Habe mir zu Weihnachten das MTB Nerve al 6.0 gekauft.

Jetzt ist mir beim Putzen aufgefallen, wenn ich das Hinterad ausbauen will, dass es nach entfernen des Schnellspanners sich nicht nach unten heraus ziehen lässt.
Zumindest nicht ohne Gewalt.  

Sieht für mich fast so aus, als ob man den Rahmen ein wenig nach außen ziehen müsste, um es von hinten gesehen, leicht nach rechts zieht und dann nach unten, damit es aus der Führung kommt.

Ist das korrekt, oder gibt es einen Trick. 


Gruß Linuxuser1962


----------



## Deleted 92748 (16. Januar 2016)

Wenn Schnellspanner, dann schau dir dieses Video an:






Er wirft zwar Umwerfer und Schaltwerk durcheinander, aber ansonsten ok.


----------



## MTB-News.de




----------



## filiale (16. Januar 2016)

Stell mal Dein Rad auf den Kopf (also Lenker und Sattel nach unten). Dann nimmste das Rad nach oben raus und kannst alles besser sehen.


----------



## linuxuser1962 (16. Januar 2016)

Ja , so war es.  man sieht die Welt gleich besser. Ein bißchen den Rahmen auseinander ziehen und dann geht es. 

Danke


----------



## Deleted 92748 (16. Januar 2016)

Meine Rahmen muss ich beim Laufrad ausbauen nicht auseinanderziehen. Schaltwerk nach hinten und dann ist da genug Platz.


----------



## firstmanonbike (16. Januar 2016)

linuxuser1962 schrieb:


> Sieht für mich fast so aus, als ob man den Rahmen ein wenig nach außen ziehen müsste, um es von hinten gesehen, leicht nach rechts zieht und dann nach unten, damit es aus der Führung kommt.
> 
> Ist das korrekt, oder gibt es einen Trick.

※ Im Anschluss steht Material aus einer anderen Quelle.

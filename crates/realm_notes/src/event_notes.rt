//! A realm's notes, taken as events are done again.
ghost use Rattle.realm_notes.specs.Meaning.{IsArrivalOn, meaning};

use crate::arriving::{Arrival, arrival_on};
use crate::coming::{errand_of, note_entry};
use crate::going::leave_slot;
use crate::log::BoxedEntry;
use crate::notes::Notes;
use base::NoMemory;
use group_model::GroupReply;
use journal_notes::{CoreAtWork, EventNotes};
use kernel_entry::{Prepared, Visitor};
use kernel_state::{Core, Errand, Ran};
use ns_ram::Lane;
use realm_model::RealmEvent;
use smc_abi::Regs;
use std::alloc::Global;

impl EventNotes for Notes {
    type Arrival = Arrival;

    type Event = RealmEvent;

    type Reply = GroupReply;

    ghost meaning = { meaning };

    ghost IsArrival = { λ notes core regs lane came. IsArrivalOn notes core regs lane came };

    fn arrival(
        &self,
        alloc: Global,
        core: &Core,
        regs: &Regs,
        prepared: &Prepared,
    ) -> Result<Arrival, NoMemory> {
        arrival_on(alloc, self, core, regs, prepared)
    }

    fn come_in(
        &mut self,
        alloc: Global,
        core: &Core,
        visitor: Visitor,
        arrival: Arrival,
        ran: &Ran,
    ) -> Result<(), NoMemory> {
        note_entry(alloc, self, core, visitor, arrival, ran)
    }

    fn go_out(
        &mut self,
        alloc: Global,
        at_work: &mut CoreAtWork,
        cpu: u8,
        lane: &mut Lane,
    ) -> Result<(), NoMemory> {
        match errand_of(at_work.core.parts.processors.as_slice(), cpu) {
            Some(Errand::InSlot(slot)) => leave_slot(alloc, at_work, slot, cpu, lane, self),
            Some(Errand::Fixed(_)) => {
                at_work.leave(cpu, lane);
                self.leave_answered(alloc, cpu)
            }
            None => unreachable!(),
        }
    }

    fn take_log(&mut self, alloc: Global) -> Vec<BoxedEntry> {
        self.take_list(alloc)
    }
}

Du machst alles richtig! Da Dein M13-Rahmen eigentlich für eine Steckachse konstruiert wurde, ist der Ausbau des “Schnellspanner-“Hinterrades mit der Adapterlösung etwas umständlich.


----------



## linuxuser1962 (16. Januar 2016)

Ja , es hat ja auch so gut funktioniert. 

Danke an alle .


----------



## Frodijak (16. Januar 2016)

…


----------



## Deleted 92748 (16. Januar 2016)

Hatte nix vom Adapter gelesen, nur Schnellspanner. Darum war ich verwundert über das Auseinanderziehen


----------



## Frodijak (17. Januar 2016)

…


----------